A Comissão Económica das Nações Unidas para África (UNECA) e a Agência Francesa de Desenvolvimento assinaram uma parceria para prestar apoio aos governos africanos que aderiram à DSSI.
De acordo com um comunicado da Agência Francesa de Desenvolvimento (AFD), “através desta parceria a UNECA prestará apoio técnico especializado para apoiar os governos africanos na avaliação das suas necessidades ao abrigo da DSSI”, criada em Abril deste ano pelo G20 e pelo Clube de Paris no seguimento da crise económica desencadeada pela pandemia de Covid-19.

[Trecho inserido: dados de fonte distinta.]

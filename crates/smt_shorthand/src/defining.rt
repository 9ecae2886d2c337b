// Scripts without `define-sort` (SMT-LIB 2.6, section 4.2.3): what a defined sort comes to stands in its place.

ghost use Rattle.smt_commands.specs.Commands.{members_of};
ghost use Rattle.smt_commands.specs.Faults.{form};
ghost use Rattle.smt_commands.specs.Views.{form_of};
ghost use Rattle.smt_lists.specs.Expressions.{Expr, expr};
ghost use Rattle.smt_shorthand.specs.Defining.{begins_with, commands_from, defines_sort, sorts_written_out, told};
ghost use Rattle.smt_shorthand.specs.Table.{no_sorts};
ghost use Rattle.std.specs.List.{list_any};
ghost use Rattle.std.specs.Option.{option_map};
ghost use Rattle.std.specs.Prelude.{◌≡◌, ◌∷◌, List, IfOk, map};

use crate::places::{Part, Row};
use crate::resolving::resolve;
use crate::table::{SortTable, after, definition, is_word, with_sort};
use linear_term::Memory;
use smt_commands::{Command, members, read_command};
use smt_lists::Sexp;
use sqlite_items::Items;
use std::alloc::Global;

/// The commands so far, and the table after them.
#[derive(Drop)]
pub struct Progress {
    pub table: SortTable,
    pub out: Items<Sexp>,
}

/// The commands of a script with each defined sort written out, and without the definitions of sorts.
pub fn sorts_written_out(alloc: Global, lists: Items<Sexp>) -> Result<Items<Sexp>, Memory>
    ensures { IfOk result (λ out. map expr out ≡ sorts_written_out (map expr lists)) }
{
    if !some_defines_sort(lists.as_slice()) {
        return Ok(lists);
    }
    write_sorts_out(alloc, lists.as_slice())
}

/// Whether some command begins as the definition of a sort.
fn some_defines_sort(es: &[Sexp]) -> bool
    ensures { result ≡ list_any defines_sort (map expr es.now) }
{
    for e in es {
        if defines_sort(e) {
            return true;
        }
    }
    false
}

/// Whether a command begins as the definition of a sort.
pub fn defines_sort(e: &Sexp) -> bool
    ensures { result ≡ defines_sort (expr e.now) }
{
    begins_with(e, b"define-sort".as_slice())
}

/// Whether an S-expression is a list that begins with this word.
pub fn begins_with(e: &Sexp, text: &[u8]) -> bool
    ensures { result ≡ begins_with text.now (members_of (expr e.now)) }
{
    let Some(members) = members(e) else {
        return false;
    };
    match members.split_first() {
        Some((word, _)) => is_word(word, text),
        None => false,
    }
}

/// The commands, from the beginning on.
fn write_sorts_out(alloc: Global, es: &[Sexp]) -> Result<Items<Sexp>, Memory>
    ensures { IfOk result (λ out. map expr out ≡ commands_from no_sorts (map expr es.now)) }
{
    let mut progress = Progress {
        table: SortTable {
            level: 0,
            sorts: Items::new(alloc),
        },
        out: Items::new(alloc),
    };
    for e in es {
        progress = take_command(alloc, progress, e)?;
    }
    Ok(progress.out)
}

/// The commands and the table after one more command.
fn take_command(alloc: Global, progress: Progress, e: &Sexp) -> Result<Progress, Memory>
    ensures { IfOk result (λ p. (es : List Expr) → told p es ≡ told progress (expr e.now ∷ es)) }
{
    let Progress { table, mut out } = progress;
    match definition(alloc, &table, e)? {
        Some(sort) => {
            let table = with_sort(table, sort)?;
            Ok(Progress { table, out })
        }
        None => {
            let command = resolve(
                alloc,
                table.sorts.as_slice(),
                Part::Members(Row::Command),
                e,
            )?;
            out.push(command)?;
            let table = after(alloc, table, command_in(e))?;
            Ok(Progress { table, out })
        }
    }
}

/// The command that an S-expression is.
pub fn command_in(e: &Sexp) -> Option<Command<'_>>
    ensures { option_map form_of result ≡ form (expr e.now) }
{
    match members(e) {
        Some(members) => read_command(members),
        None => None,
    }
}
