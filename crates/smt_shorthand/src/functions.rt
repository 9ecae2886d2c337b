// Scripts without `define-fun-rec` and `define-funs-rec` (SMT-LIB 2.6, section 4.2.3): each function is declared, and its
// equation is asserted for all arguments.

ghost use Rattle.smt_commands.specs.Commands.{members_of};
ghost use Rattle.smt_lists.specs.Expressions.{expr};
ghost use Rattle.smt_shorthand.specs.Functions.{are_proper, commands_by, defines_function, function_by, function_in, functions_by, functions_from, functions_of, functions_written_out, made, one_in, several_in, written, written_from};
ghost use Rattle.std.specs.List.{list_any};
ghost use Rattle.std.specs.Option.{option_map};
ghost use Rattle.std.specs.Prelude.{◌≡◌, [], IfOk, Some, map};

use crate::copying::copy;
use crate::defining::begins_with;
use crate::equations::{assertion, declaration, variable_of};
use base_texts::Texts;
use linear_term::Memory;
use smt_commands::{members, place, symbol};
use smt_lists::Sexp;
use sqlite_items::Items;
use std::alloc::Global;

/// The declaration of a function, and the assertion of its equation.
#[derive(Drop)]
pub struct Function {
    pub declaration: Sexp,
    pub assertion: Sexp,
}

/// The commands of a script with each recursive definition written out.
pub fn functions_written_out(alloc: Global, lists: Items<Sexp>) -> Result<Items<Sexp>, Memory>
    ensures { IfOk result (λ out. map expr out ≡ functions_written_out (map expr lists)) }
{
    if !some_defines_function(lists.as_slice()) {
        return Ok(lists);
    }
    write_functions_out(alloc, lists.as_slice())
}

/// Whether some command begins as a recursive definition.
fn some_defines_function(es: &[Sexp]) -> bool
    ensures { result ≡ list_any defines_function (map expr es.now) }
{
    for e in es {
        if defines_function(e) {
            return true;
        }
    }
    false
}

/// Whether a command begins as a recursive definition.
pub fn defines_function(e: &Sexp) -> bool
    ensures { result ≡ defines_function (expr e.now) }
{
    begins_with(e, b"define-fun-rec".as_slice()) || begins_with(e, b"define-funs-rec".as_slice())
}

/// The commands, each recursive definition written out.
#[tactic(auto, using(crate::proofs::OneFurther::written_on))]
fn write_functions_out(alloc: Global, es: &[Sexp]) -> Result<Items<Sexp>, Memory>
    ensures { IfOk result (λ out. map expr out ≡ written_from (map expr es.now)) }
{
    let mut out = Items::new(alloc);
    for e in es {
        out.append(written(alloc, e)?)?;
    }
    Ok(out)
}

/// The commands that a command is short for; the command itself, where it is short for none.
fn written(alloc: Global, e: &Sexp) -> Result<Items<Sexp>, Memory>
    ensures { IfOk result (λ out. map expr out ≡ written (expr e.now)) }
{
    match functions_of(alloc, e)? {
        Some(commands) => Ok(commands),
        None => {
            let mut out = Items::new(alloc);
            out.push(copy(alloc, e)?)?;
            Ok(out)
        }
    }
}

/// The commands that a recursive definition is short for.
fn functions_of(alloc: Global, e: &Sexp) -> Result<Option<Items<Sexp>>, Memory>
    ensures { IfOk result (λ cs. option_map (map expr) cs ≡ functions_of (expr e.now)) }
{
    let Some(members) = members(e) else {
        return Ok(None);
    };
    if begins_with(e, b"define-fun-rec".as_slice()) {
        return one_in(alloc, place(e), members);
    }
    if begins_with(e, b"define-funs-rec".as_slice()) {
        return several_in(alloc, place(e), members);
    }
    Ok(None)
}

/// The commands that a `define-fun-rec` of these members, at this offset, is short for.
fn one_in(alloc: Global, at: u64, members: &[Sexp]) -> Result<Option<Items<Sexp>>, Memory>
    ensures { IfOk result (λ cs. option_map (map expr) cs ≡ one_in at (map expr members.now)) }
{
    let [_, name, variables, sort, term] = members else {
        return Ok(None);
    };
    one_by(alloc, at, name, variables, sort, term)
}

/// The commands for one function.
fn one_by(
    alloc: Global,
    at: u64,
    name: &Sexp,
    variables: &Sexp,
    sort: &Sexp,
    term: &Sexp,
) -> Result<Option<Items<Sexp>>, Memory>
    ensures { IfOk result (λ cs. option_map (map expr) cs ≡ commands_by (function_by at (expr name.now) (expr variables.now) (expr sort.now) (expr term.now))) }
{
    let Some(function) = function_by(alloc, at, name, variables, sort, term)? else {
        return Ok(None);
    };
    let mut commands = Items::new(alloc);
    commands.push(function.declaration)?;
    commands.push(function.assertion)?;
    Ok(Some(commands))
}

/// The commands that a `define-funs-rec` of these members, at this offset, is short for.
fn several_in(alloc: Global, at: u64, members: &[Sexp]) -> Result<Option<Items<Sexp>>, Memory>
    ensures { IfOk result (λ cs. option_map (map expr) cs ≡ several_in at (map expr members.now)) }
{
    let [_, signatures, terms] = members else {
        return Ok(None);
    };
    several_by(alloc, at, signatures, terms)
}

/// The commands for the functions of a list of signatures and a list of terms.
fn several_by(
    alloc: Global,
    at: u64,
    signatures: &Sexp,
    terms: &Sexp,
) -> Result<Option<Items<Sexp>>, Memory>
    ensures { IfOk result (λ cs. option_map (map expr) cs ≡ functions_by at (members_of (expr signatures.now)) (members_of (expr terms.now))) }
{
    let Some(signatures) = members(signatures) else {
        return Ok(None);
    };
    let Some(terms) = members(terms) else {
        return Ok(None);
    };
    if signatures.is_empty() {
        return Ok(None);
    }
    functions(alloc, at, signatures, terms)
}

/// The declarations of functions, and after them the assertions of their equations; none where the terms are more or fewer.
#[tactic(auto, using(crate::proofs::OneFurther::functions_on, crate::proofs::OneFurther::functions_off, crate::proofs::OneFurther::functions_short, crate::proofs::OneFurther::functions_long, crate::proofs::OneFurther::functions_done))]
fn functions(
    alloc: Global,
    at: u64,
    signatures: &[Sexp],
    terms: &[Sexp],
) -> Result<Option<Items<Sexp>>, Memory>
    ensures { IfOk result (λ cs. option_map (map expr) cs ≡ functions_from at [] [] (map expr signatures.now) (map expr terms.now)) }
{
    let mut declarations = Items::new(alloc);
    let mut assertions = Items::new(alloc);
    let mut rest = signatures;
    let mut others = terms;
    while let Some((signature, behind)) = rest.split_first() {
        let Some((term, after)) = others.split_first() else {
            return Ok(None);
        };
        let Some(function) = function_of(alloc, at, signature, term)? else {
            return Ok(None);
        };
        let Function {
            declaration,
            assertion,
        } = function;
        declarations.push(declaration)?;
        assertions.push(assertion)?;
        rest = behind;
        others = after;
    }
    if !others.is_empty() {
        return Ok(None);
    }
    declarations.append(assertions)?;
    Ok(Some(declarations))
}

/// The function of a signature and its term.
fn function_of(
    alloc: Global,
    at: u64,
    signature: &Sexp,
    term: &Sexp,
) -> Result<Option<Function>, Memory>
    ensures { IfOk result (λ f. option_map made f ≡ function_in at (members_of (expr signature.now)) (expr term.now)) }
{
    let Some(members) = members(signature) else {
        return Ok(None);
    };
    function_in(alloc, at, members, term)
}

/// The function of a signature of these members, and its term.
fn function_in(
    alloc: Global,
    at: u64,
    members: &[Sexp],
    term: &Sexp,
) -> Result<Option<Function>, Memory>
    ensures { IfOk result (λ f. option_map made f ≡ function_in at (Some (map expr members.now)) (expr term.now)) }
{
    let [name, variables, sort] = members else {
        return Ok(None);
    };
    function_by(alloc, at, name, variables, sort, term)
}

/// The function of this name, these variables, this sort and this term.
fn function_by(
    alloc: Global,
    at: u64,
    name: &Sexp,
    list: &Sexp,
    sort: &Sexp,
    term: &Sexp,
) -> Result<Option<Function>, Memory>
    ensures { IfOk result (λ f. option_map made f ≡ function_by at (expr name.now) (expr list.now) (expr sort.now) (expr term.now)) }
{
    let Some(symbol) = symbol(name) else {
        return Ok(None);
    };
    let Some(variables) = members(list) else {
        return Ok(None);
    };
    if !are_proper(alloc, symbol.text, variables)? {
        return Ok(None);
    }
    Ok(Some(Function {
        declaration: declaration(alloc, at, name, variables, sort)?,
        assertion: assertion(alloc, at, name, list, variables, term)?,
    }))
}

/// Whether these are variables of different names, none of them this one or `=`.
fn are_proper(alloc: Global, text: &[u8], variables: &[Sexp]) -> Result<bool, Memory>
    ensures { IfOk result (λ b. b ≡ are_proper text.now (map expr variables.now)) }
{
    let mut seen = Texts::new(alloc);
    seen.add(alloc, text)?;
    seen.add(alloc, b"=".as_slice())?;
    for variable in variables {
        let Some(name) = variable_of(variable) else {
            return Ok(false);
        };
        if !seen.add(alloc, name.text)? {
            return Ok(false);
        }
    }
    Ok(true)
}
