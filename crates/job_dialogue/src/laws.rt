// What a dialogue means, each the contract of a function with nothing to do.

ghost use Rattle.form_typed.specs.Truth.{Meaning};
ghost use Rattle.job_dialogue.specs.Dialogue.{IsDialogue, IsReply};
ghost use Rattle.job_dialogue.specs.Held.{Held};
ghost use Rattle.job_dialogue.specs.Laws.{HasBegun, IsCheckTold};
ghost use Rattle.job_dialogue.specs.Pieces.{cut_of};
ghost use Rattle.job_dialogue.specs.declared.kinds.Kind.TheVariants as kind;
ghost use Rattle.std.specs.List.{concat};
ghost use Rattle.std.specs.Prelude.{◌≡◌, ◌++◌, ℕ, List, drop};

use job_smt::meaning_law;

/// What has been answered at any time depends on the pieces that were read until then, and on no later one.
#[tactic(auto, using(crate::proofs::Begun::dialogue_begun))]
pub fn begun_law()
    ensures { (budget : ℕ) (first more : List (List ℕ)) (h : Held) (text : List ℕ) → IsDialogue budget (first ++ more) h text → HasBegun budget first text }
{}

/// What answers a check of a dialogue says what it says in the script of the commands in force and the check: where it says `unsat`, nothing
/// satisfies the assertions in force, in any interpretation; where it says `sat`, a finite interpretation and some integers do.
pub fn check_law()
    ensures { (w : Meaning) (budget : ℕ) (h : Held) (piece : List ℕ) (next : Held) (text : List ℕ) (reply : IsReply budget h piece next text) → reply.reading.kind ≡ kind.Asks
        → IsCheckTold w (h.text ++ drop reply.reading.start piece) text }
{
    meaning_law();
}

/// The pieces of an input, and what is left of it, are all its bytes in their order.
#[tactic(auto, using(crate::proofs::Begun::pieces_joined))]
pub fn pieces_law()
    ensures { (bytes : List ℕ) → concat (cut_of bytes).pieces ++ (cut_of bytes).rest ≡ bytes }
{}
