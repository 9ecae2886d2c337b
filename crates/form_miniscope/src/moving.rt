// Quantifiers moved inwards, to the members that have their name.

ghost use Rattle.formula.specs.Form.{conjunction, disjunction, existential, universal};
ghost use Rattle.formula.specs.Sizes.{depth, depths};
ghost use Rattle.formula.specs.Tree.{form, forms_of};
ghost use Rattle.form_miniscope.specs.Miniscope as moving;
ghost use Rattle.std.specs.Prelude.{◌≡◌, ◌+◌, ◌≤◌, ◌^◌, IfOk};

use super::finding::{occurs, occurs_in};
use super::freeing::{all_freed, freed};
use formula::{Core, Shared};
use linear_term::Memory;
use sqlite_items::Items;
use std::alloc::Global;

/// The members that have the name n.
fn bound(alloc: Global, n: u32, formulas: &[Core]) -> Result<Items<Core>, Memory>
    ensures { IfOk result (λ gs. forms_of gs ≡ moving.bound n (forms_of formulas.now)) }
{
    let mut out = Items::new(alloc);
    for f in formulas {
        if occurs(n, f) {
            out.push(f.copy(alloc)?)?;
        }
    }
    Ok(out)
}

/// The other members, without the place of n.
fn outer(alloc: Global, n: u32, formulas: &[Core]) -> Result<Items<Core>, Memory>
    ensures { IfOk result (λ gs. forms_of gs ≡ moving.outer n (forms_of formulas.now)) }
{
    let mut out = Items::new(alloc);
    for f in formulas {
        if !occurs(n, f) {
            out.push(freed(alloc, n, f)?)?;
        }
    }
    Ok(out)
}

/// The first member with the others in a disjunction; alone where there are none.
#[tactic(auto, using(formula::proofs::Building::formed))]
fn beside_or(alloc: Global, first: Core, others: Items<Core>) -> Result<Core, Memory>
    ensures { IfOk result (λ g. form g ≡ moving.beside disjunction (form first) (forms_of others)) }
{
    if others.is_empty() {
        return Ok(first);
    }
    let mut members = Items::new(alloc);
    members.push(first)?;
    members.append(others)?;
    Ok(Core::Or(members))
}

/// The same in a conjunction.
#[tactic(auto, using(formula::proofs::Building::formed))]
fn beside_and(alloc: Global, first: Core, others: Items<Core>) -> Result<Core, Memory>
    ensures { IfOk result (λ g. form g ≡ moving.beside conjunction (form first) (forms_of others)) }
{
    if others.is_empty() {
        return Ok(first);
    }
    let mut members = Items::new(alloc);
    members.push(first)?;
    members.append(others)?;
    Ok(Core::And(members))
}

/// For-all over a formula; without it where the name n does not occur.
#[tactic(auto, using(formula::proofs::Building::formed))]
fn for_all(alloc: Global, n: u32, f: &Core) -> Result<Core, Memory>
    ensures { IfOk result (λ g. form g ≡ moving.over_name universal n (form f.now)) }
{
    if occurs(n, f) {
        return Ok(Core::Forall(Shared::new(alloc, f.copy(alloc)?)?));
    }
    freed(alloc, n, f)
}

/// For-some over a formula; without it where the name n does not occur.
#[tactic(auto, using(formula::proofs::Building::formed))]
fn for_some(alloc: Global, n: u32, f: &Core) -> Result<Core, Memory>
    ensures { IfOk result (λ g. form g ≡ moving.over_name existential n (form f.now)) }
{
    if occurs(n, f) {
        return Ok(Core::Exists(Shared::new(alloc, f.copy(alloc)?)?));
    }
    freed(alloc, n, f)
}

/// For-all over a disjunction: the members without the name leave it.
#[tactic(auto, using(formula::proofs::Building::formed))]
fn every_or(alloc: Global, n: u32, formulas: &[Core]) -> Result<Core, Memory>
    ensures { IfOk result (λ g. form g ≡ moving.every n (disjunction (forms_of formulas.now))) }
{
    if !occurs_in(n, formulas) {
        return Ok(Core::Or(all_freed(alloc, n, formulas)?));
    }
    let inner = Core::Or(bound(alloc, n, formulas)?);
    let others = outer(alloc, n, formulas)?;
    beside_or(alloc, Core::Forall(Shared::new(alloc, inner)?), others)
}

/// For-some over a conjunction: the members without the name leave it.
#[tactic(auto, using(formula::proofs::Building::formed))]
fn some_and(alloc: Global, n: u32, formulas: &[Core]) -> Result<Core, Memory>
    ensures { IfOk result (λ g. form g ≡ moving.some n (conjunction (forms_of formulas.now))) }
{
    if !occurs_in(n, formulas) {
        return Ok(Core::And(all_freed(alloc, n, formulas)?));
    }
    let inner = Core::And(bound(alloc, n, formulas)?);
    let others = outer(alloc, n, formulas)?;
    beside_and(alloc, Core::Exists(Shared::new(alloc, inner)?), others)
}

/// Every value of the name n makes the formula true.
#[cycle(every)]
#[tactic(auto, using(formula::proofs::Building::formed))]
fn every(alloc: Global, n: u32, f: &Core) -> Result<Core, Memory>
    ensures { IfOk result (λ g. form g ≡ moving.every n (form f.now)) }
{
    match f {
        Core::And(fs) => Ok(Core::And(all_every(alloc, n, fs.as_slice())?)),
        Core::Or(fs) => every_or(alloc, n, fs.as_slice()),
        Core::Eq(_) => for_all(alloc, n, f),
        Core::Neq(_) => for_all(alloc, n, f),
        Core::Geq(_) => for_all(alloc, n, f),
        Core::Pred(_, _) => for_all(alloc, n, f),
        Core::NotPred(_, _) => for_all(alloc, n, f),
        Core::NotFun(_, _, _) => for_all(alloc, n, f),
        Core::Forall(_) => for_all(alloc, n, f),
        Core::Exists(_) => for_all(alloc, n, f),
    }
}

#[cycle(every)]
fn all_every(alloc: Global, n: u32, formulas: &[Core]) -> Result<Items<Core>, Memory>
    ensures { IfOk result (λ gs. forms_of gs ≡ moving.all_every n (forms_of formulas.now)) }
{
    let mut out = Items::new(alloc);
    for f in formulas {
        out.push(every(alloc, n, f)?)?;
    }
    Ok(out)
}

/// Some value of the name n makes the formula true.
#[cycle(some)]
#[tactic(auto, using(formula::proofs::Building::formed))]
fn some(alloc: Global, n: u32, f: &Core) -> Result<Core, Memory>
    ensures { IfOk result (λ g. form g ≡ moving.some n (form f.now)) }
{
    match f {
        Core::And(fs) => some_and(alloc, n, fs.as_slice()),
        Core::Or(fs) => Ok(Core::Or(all_some(alloc, n, fs.as_slice())?)),
        Core::Eq(_) => for_some(alloc, n, f),
        Core::Neq(_) => for_some(alloc, n, f),
        Core::Geq(_) => for_some(alloc, n, f),
        Core::Pred(_, _) => for_some(alloc, n, f),
        Core::NotPred(_, _) => for_some(alloc, n, f),
        Core::NotFun(_, _, _) => for_some(alloc, n, f),
        Core::Forall(_) => for_some(alloc, n, f),
        Core::Exists(_) => for_some(alloc, n, f),
    }
}

#[cycle(some)]
fn all_some(alloc: Global, n: u32, formulas: &[Core]) -> Result<Items<Core>, Memory>
    ensures { IfOk result (λ gs. forms_of gs ≡ moving.all_some n (forms_of formulas.now)) }
{
    let mut out = Items::new(alloc);
    for f in formulas {
        out.push(some(alloc, n, f)?)?;
    }
    Ok(out)
}

/// The formula over n names with each quantifier moved inwards, innermost first.
#[cycle(moving)]
#[tactic(auto, using(formula::proofs::Building::formed))]
pub fn miniscoped(alloc: Global, n: u32, f: &Core) -> Result<Core, Memory>
    requires { n + depth (form f.now) ≤ 2 ^ 32 }
    ensures { IfOk result (λ g. form g ≡ moving.miniscoped n (form f.now)) }
{
    match f {
        Core::Eq(_) => f.copy(alloc),
        Core::Neq(_) => f.copy(alloc),
        Core::Geq(_) => f.copy(alloc),
        Core::Pred(_, _) => f.copy(alloc),
        Core::NotPred(_, _) => f.copy(alloc),
        Core::NotFun(_, _, _) => f.copy(alloc),
        Core::And(fs) => Ok(Core::And(all_miniscoped(alloc, n, fs.as_slice())?)),
        Core::Or(fs) => Ok(Core::Or(all_miniscoped(alloc, n, fs.as_slice())?)),
        Core::Forall(g) => {
            let body = miniscoped(alloc, n + 1, g.get())?;
            every(alloc, n, &body)
        }
        Core::Exists(g) => {
            let body = miniscoped(alloc, n + 1, g.get())?;
            some(alloc, n, &body)
        }
    }
}

#[cycle(moving)]
fn all_miniscoped(alloc: Global, n: u32, formulas: &[Core]) -> Result<Items<Core>, Memory>
    requires { n + depths (forms_of formulas.now) ≤ 2 ^ 32 }
    ensures { IfOk result (λ gs. forms_of gs ≡ moving.all_miniscoped n (forms_of formulas.now)) }
{
    let mut out = Items::new(alloc);
    for f in formulas {
        out.push(miniscoped(alloc, n, f)?)?;
    }
    Ok(out)
}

“A assistência vai focar-se na construção de capacitação em várias áreas, como a análise e mitigação de riscos, identificação dos princípios da sustentabilidade da dívida, políticas de financiamento da economia real, e regulação e agências de ‘rating'”, lê-se no comunicado, que aponta ainda que a parceria vai “promover uma maior coordenação entre os credores privados e públicos”.
Até agora, 43 países estão a beneficiar de uma moratória de cerca de 5 mil milhões de dólares (4,1 mil milhões de euros) em pagamentos de dívida que foram diferidos, o que representa mais de 75% do serviço da dívida bilateral oficial ao abrigo da DSSI este ano, acrescenta-se na nota.
“A prioridade tem de ser claramente a libertação de mais recursos para os governos africanos poderem responder mais eficazmente à pandemia de Covid-19 e, em particular, aos desafios da protecção social e do emprego”, comentou o embaixador francês na Etiópia e na União Africana, Rémi Maréchaux.
Para a subsecretária-geral das Nações Unidas e secretária executiva da UNECA, Vera Songwe, “a recuperação económica em África vai precisar de ser acompanhada por reformas que não sejam demasiado restritivas do ponto de vista orçamental e que favoreçam a entrada do sector privado”.
Vera Songwe disse ainda, citada no comunicado, que as necessidades financeiras dos países africanos para recuperarem da pandemia e atingirem um caminho sustentável de desenvolvimento está nos 345 mil milhões de dólares, cerca de 283 mil milhões de euros.